* _What you will do_: Count the lines of the records below that hold the word "LimitNumber", and give only the number.

Records contained in a dataset:
impl Draft {
    // `task`, after the first one.
    fn begin_task(self) -> Result<Self, Wrong>
        ensures { result ≡ next_task self }
    {
        if self.count < 16 {
            Ok(self.wants(Want::Name))
        } else {
            Err(Wrong::Tasks)
        }
    }

    // `chain`, after the first one: "more than one chain" is edition 2.
    fn begin_next(self) -> Result<Self, Wrong>
        ensures { result ≡ next_chain self }
    {
        if let Some(Edition::One) = self.edition {
            return Err(Wrong::ChainInEditionOne);
        }
        if self.suite < 8 {
            Ok(self.with_edition(Edition::Two).begin_chain())
        } else {
            Err(Wrong::Chains)
        }
    }

    fn read_edition(self, n: u32) -> Result<Self, Wrong>
        ensures { result ≡ at_edition n self }
    {
        let edition = match n {
            1 => Edition::One,
            2 => Edition::Two,
            _ => return Err(Wrong::Edition),
        };
        Ok(self.with_edition(edition).wants(Want::EditionEnd))
    }

    fn read_period(self, period: u32) -> Result<Self, Wrong>
        ensures { result ≡ at_period period self }
    {
        if !(1..=100000).contains(&period) {
            return Err(Wrong::Period);
        }
        let task = Task {
            period,
            ..Task::default()
        };
        Ok(self.with_task(task).wants(Want::Budget))
    }

    fn read_budget(self, budget: u32) -> Result<Self, Wrong>
        ensures { result ≡ at_budget budget self }
    {
        let task = self.task();
        if !(1..=task.period).contains(&budget) {
            return Err(Wrong::Budget);
        }
        let task = Task {
            budget,
            rank: 0,
            ..task
        };
        Ok(self.with_task(task).wants(Want::Rank))
    }

    // Whether an earlier task has the rank.
    fn has_rank(self, rank: u8) -> bool
        ensures { result ≡ ranked self rank }
    {
        self.tasks
            .iter()
            .take(usize::from(self.count))
            .any(|task| task.rank == rank)
    }

    fn read_rank(self, n: u32) -> Result<Self, Wrong>
        ensures { result ≡ at_rank n self }
    {
        let Ok(rank) = u8::try_from(n) else {
            return Err(Wrong::RankTooGreat);
        };
        if self.has_rank(rank) {
            return Err(Wrong::Rank);
        }
        let task = Task {
            rank,
            ..self.task()
        };
        Ok(self.with_task(task).count_task().wants(Want::TaskEnd))
    }

    // A task of the chain, by its name or its number.
    fn read_entry(self, n: u32) -> Result<Self, Wrong>
        ensures { result ≡ at_entry n self }
    {
        let chain = self.chain();
        if self.count <= chain.length {
            return Err(Wrong::Length);
        }
        if u32::from(self.count) <= n {
            return Err(Wrong::Entry);
        }
        let entry = n as u8;
        if has_entry(chain, entry) {
            return Err(Wrong::Repeat);
        }
        Ok(
            self.with_chain(with_entry(chain, entry))
                .wants(Want::Entries),
        )
    }

    // `limit`: "With a limit .. the sheet is of edition 2".
    fn read_limit(self) -> Result<Self, Wrong>
        ensures { result ≡ at_limit self }
    {
        if let Some(Edition::One) = self.edition {
            return Err(Wrong::LimitInEditionOne);
        }
        Ok(self.with_edition(Edition::Two).wants(Want::LimitNumber))
    }

    fn read_limit_number(self, limit: u32) -> Result<Self, Wrong>
        ensures { result ≡ at_limit_number limit self }
    {
        if 4000000 < limit {
            return Err(Wrong::Limit);
        }
        let chain = Chain {
            limit,
            ..self.chain()
        };
        Ok(self.with_chain(chain).wants(Want::Entry))
    }

    #[tactic(auto, unfolding(crate::specs::Grammar::step))]
    fn read_word(self, w: Word) -> Result<Self, Wrong>
        ensures { result ≡ step w self }
    {
        match (self.want, w) {
            (Want::Opening, Word::Key(Key::Edition)) => Ok(self.wants(Want::Edition)),
            (Want::Opening, Word::Key(Key::Task)) => Ok(self.wants(Want::Name)),
            (Want::Task, Word::Key(Key::Task)) => Ok(self.wants(Want::Name)),
            (Want::More, Word::Key(Key::Task)) => self.begin_task(),
            (Want::More, Word::Key(Key::Chain)) => Ok(self.begin_chain()),
            (Want::Chain, Word::Key(Key::Chain)) => self.begin_next(),
            (Want::Edition, Word::Number(n)) => self.read_edition(n),
            (Want::Name, Word::New) => Ok(self.wants(Want::Period)),
            (Want::Name, Word::Known(_)) => Err(Wrong::NameTwice),
            (Want::Period, Word::Key(Key::Period)) => Ok(self.wants(Want::PeriodNumber)),
            (Want::PeriodNumber, Word::Number(n)) => self.read_period(n),
            (Want::Budget, Word::Key(Key::Budget)) => Ok(self.wants(Want::BudgetNumber)),
            (Want::BudgetNumber, Word::Number(n)) => self.read_budget(n),
            (Want::Rank, Word::Key(Key::Rank)) => Ok(self.wants(Want::RankNumber)),
            (Want::RankNumber, Word::Number(n)) => self.read_rank(n),
            (Want::Limit, Word::Key(Key::Limit)) => self.read_limit(),
            (Want::LimitNumber, Word::Number(n)) => self.read_limit_number(n),
            (Want::Limit | Want::Entry | Want::Entries, Word::Number(n)) => self.read_entry(n),
            (Want::Limit | Want::Entry | Want::Entries, Word::Known(i)) => self.read_entry(
                u32::from(i),
            ),
            (Want::Limit | Want::Entry | Want::Entries, Word::New) => Err(Wrong::NameUnknown),
            _ => self.missing(),
        }
    }

    // Before a line its end does not matter; after one it ends it.
    #[tactic(auto, unfolding(crate::specs::Grammar::line_end))]
    fn end_line(self) -> Result<Self, Wrong>
        ensures { result ≡ line_end self }
    {
        match self.want {
            Want::Opening | Want::Task | Want::More | Want::Chain => Ok(self),
            Want::EditionEnd => Ok(self.wants(Want::Task)),
            Want::TaskEnd => Ok(self.wants(Want::More)),
            Want::Entries => Ok(self.count_chain().wants(Want::Chain)),
            _ => self.missing(),
        }
    }

    // The end of the text ends its last line, and there is a chain.
    #[tactic(auto, unfolding(crate::specs::Grammar::text_end))]
    fn end_text(self) -> Result<Self, Wrong>
        ensures { result ≡ text_end self }
    {
        let d = self.end_line()?;
        match d.want {
            Want::Chain => Ok(d),
            _ => d.missing(),
        }
    }

    // One chain with no limit, and edition 2 not said: an old sheet.
    #[tactic(auto, unfolding(crate::specs::Grammar::typed))]
    fn sheet(self) -> Sheet
        ensures { result ≡ typed self }
    {
        let tasks = self.tasks;
        let mut chains = self.chains;
        let (edition, suite) = match self.edition {
            Some(Edition::Two) => (2, self.suite),
            _ => {
                chains[0].limit = 0;
                (1, 0)
            }
        };
        Sheet {
            tasks,
            chains,
            edition,
            count: self.count,
            suite,
        }
    }
}
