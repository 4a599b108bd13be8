// What the calls answer.
use schedule::Totals;

// The greatest delay, and the smallest release that gives it.
#[derive(Clone, Copy, Default, PartialEq, Eq)]
pub struct Figure {
    pub ticks: u32,
    pub release: u32,
}

// What one filling of the table gives: H, J and the idle ticks; the sampling figure and its bound, which count from a release; and the
// worst, the bound and the margin under the chain's limit in a report, which count from a flag.
#[derive(Clone, Copy, Default, PartialEq, Eq)]
pub struct Summary {
    pub totals: Totals,
    pub sampling: Figure,
    pub sampling_bound: u32,
    pub worst: u32,
    pub bound: u32,
    pub margin: i32,
}

// The same, with the greatest response of each task.
#[derive(Clone, Copy, PartialEq, Eq)]
pub struct TaskFigures {
    pub summary: Summary,
    pub greatest: [u32; 16],
}

// What a report says: the job table's totals with the greatest response of each task, and the figures of each chain in its place.
#[derive(Clone, Copy, PartialEq, Eq)]
pub struct Suite {
    pub totals: Totals,
    pub greatest: [u32; 16],
    pub chains: [Summary; 8],
}
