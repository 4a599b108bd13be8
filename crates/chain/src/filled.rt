// A sheet whose table is filled, with the row of each task: what is read there of its chains.
ghost use Rattle.std.specs.Prelude.{◌≡◌, ◌≤◌, ◌<◌, length, get_or};
ghost use Rattle.theory.specs.Model.Responses.{hyperperiod, jobs};
ghost use Rattle.theory.specs.Model.Schedule.{release};
ghost use Rattle.sheet.specs.Tasks.{tasks_of, chain_count, chain_of, first_of};
ghost use Rattle.schedule.specs.Taken.{Taken, Holds};
ghost use Rattle.chain.specs.Calls.{delay_at, summary_at, summaries_to};
ghost use Rattle.chain.specs.Paths.{RowsOf, Copied};

use crate::answer::Summary;
use crate::named::Named;
use crate::row::{NONE, Row};
use crate::{less_of, path};
use schedule::Totals;
use sheet::sound::Judged;

// Its tasks are taken, and the first places hold their rows: sixteen, as fixed memory is a rule of the project.
#[derive(Clone, Copy)]
pub(crate) struct Filled<'a> {
    judged: Judged,
    rows: [Row<'a>; 16],
    ghost taken: { Taken (tasks_of judged.sheet) },
    ghost noted: { RowsOf (tasks_of judged.sheet) (length (tasks_of judged.sheet)) rows },
}

impl<'a> Filled<'a> {
    // The rows of a table that is filled.
    pub(crate) fn new(judged: Judged, h: u32, table: &'a [u32]) -> Filled<'a>
        requires taken { Taken (tasks_of judged.sheet) }
        requires h_value { h ≡ hyperperiod (tasks_of judged.sheet) }
        requires holds { Holds (tasks_of judged.sheet) table.now }
        ensures { result.judged ≡ judged }
    {
        let mut rows = [NONE; 16];
        let mut left = table;
        for (i, &task) in judged.tasks().iter().enumerate() {
            let (responses, rest) = left.split_at((h / task.period) as usize);
            rows[i] = Row { task, responses };
            left = rest;
        }
        Filled { judged, rows }
    }

    // The rows of the tasks on a chain, in its order, in the first of sixteen places.
    fn path(&self, chain: &[u8]) -> [Row<'a>; 16]
        requires few { length chain.now ≤ 16 }
        requires entries { (j : _) → j < length chain.now → get_or chain.now j 0 < 16 }
        ensures { Copied chain.now self.now.rows (length chain.now) result }
    {
        let rows = &self.rows[..];
        let mut path = [NONE; 16];
        for (j, &task) in chain.iter().enumerate() {
            path[j] = rows[usize::from(task)];
        }
        path
    }

    // The delay of a chain at job k of its first task.
    pub(crate) fn delay(&self, chain: Named, k: u32) -> u32
        requires sheet_value { chain.judged ≡ self.now.judged }
        requires k_bound { k < jobs (tasks_of chain.judged.sheet) (first_of (chain_of chain.judged.sheet chain.number)) }
        ensures { result ≡ delay_at (tasks_of chain.judged.sheet) (chain_of chain.judged.sheet chain.number) (release (tasks_of chain.judged.sheet) (first_of (chain_of chain.judged.sheet chain.number)) k) }
    {
        let c = chain.chain();
        let tasks = c.tasks();
        let path = self.path(tasks);
        path::walk(&path[..tasks.len()], k)
    }

    // What a report says of a chain. What counts from a release of its first task counts from a flag too: "add T − 1 of the first task".
    pub(crate) fn summary(&self, chain: Named, totals: Totals) -> Summary
        requires { chain.judged ≡ self.now.judged }
        ensures { result ≡ summary_at chain.judged.sheet chain.number totals }
    {
        let c = chain.chain();
        let tasks = c.tasks();
        let path = self.path(tasks);
        let path = &path[..tasks.len()];
        let sampling = path::sampling(path);
        let sampling_bound = path::bound(path);
        let wait = chain.first_period() - 1;
        let bound = sampling_bound + wait;
        let worst = sampling.ticks + wait;
        let margin = less_of(chain.report_limit(), worst);
        Summary {
            totals,
            sampling,
            sampling_bound,
            worst,
            bound,
            margin,
        }
    }

    // What a report says of each chain.
    pub(crate) fn summaries(&self, totals: Totals) -> [Summary; 8]
        ensures { result ≡ summaries_to self.now.judged.sheet totals (chain_count self.now.judged.sheet) }
    {
        let judged = self.judged;
        let mut chains = [Summary::default(); 8];
        for c in 0..sheet::chain_count(judged.sheet) {
            let number = c + 1;
            chains[usize::from(c)] = self.summary(Named { judged, number }, totals);
        }
        chains
    }
}
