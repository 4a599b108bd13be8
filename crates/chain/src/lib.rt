// The chain: its delay at a release, its sampling figure and quick bound, and from a flag on its worst, bound and margin; or the first
// refusal. Each call works the responses out afresh and leaves them in the lent table, from which a walk along the chain reads them.
// What is answered and left in the table is defined in specs/Calls.antt; what that says of every schedule stands in specs/Results.antt.
#![tactic(auto)]

mod answer;
mod filled;
mod named;
mod path;
mod row;

ghost use Rattle.std.specs.Prelude.{◌≡◌, ◌≤◌};
ghost use Rattle.chain.specs.Calls.{less, most_limit};
ghost use Rattle.chain.specs.Most.{most_worst};
ghost use Rattle.chain.specs.Promises.{DelayPromise, MarginPromise, DefaultMarginPromise, FiguresPromise, SuitePromise};
ghost use Rattle.chain.specs.Conditions.{Lacking};

pub use answer::{Figure, Suite, Summary, TaskFigures};
use answers::Refusal;
use filled::Filled;
use named::Named;
use schedule::TaskResponses;
use sheet::sound::Judged;
use sheet::{MOST_LIMIT, Sheet};

// "The margin call without a limit should use 500 ticks." (document 02, P7)
const DEFAULT_LIMIT: u32 = 500;

// Both numbers are "cast to i32 without loss and subtracted": the bounds asked for are what allows it, where `try_from` would need an unwrap.
fn less_of(limit: u32, figure: u32) -> i32
    requires { (limit ≤ most_limit) × (figure ≤ most_worst) }
    ensures { result ≡ less limit figure }
{
    limit as i32 - figure as i32
}

// Refusal::Chain for a number that the sheet lacks, after the fields; where it has the chain these are left to what follows. To judge
// them first in any case was tried, and as the schedule judges them again it costs 12 percent of `figures` on a small sheet.
fn lacking(s: Sheet, number: u8) -> Result<(), Refusal>
    ensures { Lacking s number result }
{
    let Err(refusal) = sheet::numbered(s, number) else {
        return Ok(());
    };
    sheet::judge(s)?;
    Err(refusal)
}

// The delay of a chain at a release of its first task.
pub fn delay(s: Sheet, number: u8, release: u32, table: &mut [u32]) -> Result<u32, Refusal>
    ensures { DelayPromise s number release table.old result table.new }
{
    lacking(s, number)?;
    let size = schedule::sizes(s)?;
    if size.hyperperiod <= release {
        return Err(Refusal::Release);
    }
    let judged = Judged { sheet: s };
    let chain = Named { judged, number };
    let period = chain.first_period();
    if 0 < release % period {
        return Err(Refusal::Release);
    }
    let totals = schedule::responses(s, table)?;
    let filled = Filled::new(judged, totals.hyperperiod, table);
    Ok(filled.delay(chain, release / period))
}

// What one filling of the table gives of a chain, with "R, the greatest response" of each task in its place.
pub fn figures(s: Sheet, number: u8, table: &mut [u32]) -> Result<TaskFigures, Refusal>
    ensures { FiguresPromise s number table.old result table.new }
{
    lacking(s, number)?;
    let TaskResponses { totals, greatest } = schedule::task_responses(s, table)?;
    let judged = Judged { sheet: s };
    let chain = Named { judged, number };
    let filled = Filled::new(judged, totals.hyperperiod, table);
    let summary = filled.summary(chain, totals);
    Ok(TaskFigures { summary, greatest })
}

// What a report says: one filling of the table, however many chains there are.
pub fn suite(s: Sheet, table: &mut [u32]) -> Result<Suite, Refusal>
    ensures { SuitePromise s table.old result table.new }
{
    let TaskResponses { totals, greatest } = schedule::task_responses(s, table)?;
    let judged = Judged { sheet: s };
    let filled = Filled::new(judged, totals.hyperperiod, table);
    let chains = filled.summaries(totals);
    Ok(Suite {
        totals,
        greatest,
        chains,
    })
}

// A limit less the worst from a flag on: "the sign tells whether the limit is kept".
pub fn margin(s: Sheet, number: u8, limit: u32, table: &mut [u32]) -> Result<i32, Refusal>
    ensures { MarginPromise s number limit table.old result table.new }
{
    if MOST_LIMIT < limit {
        lacking(s, number)?;
        schedule::sizes(s)?;
        return Err(Refusal::Limit);
    }
    let figures = figures(s, number, table)?;
    Ok(less_of(limit, figures.summary.worst))
}

// "The margin call without a limit".
pub fn default_margin(s: Sheet, number: u8, table: &mut [u32]) -> Result<i32, Refusal>
    ensures { DefaultMarginPromise s number table.old result table.new }
{
    margin(s, number, DEFAULT_LIMIT, table)
}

* _Response_: 2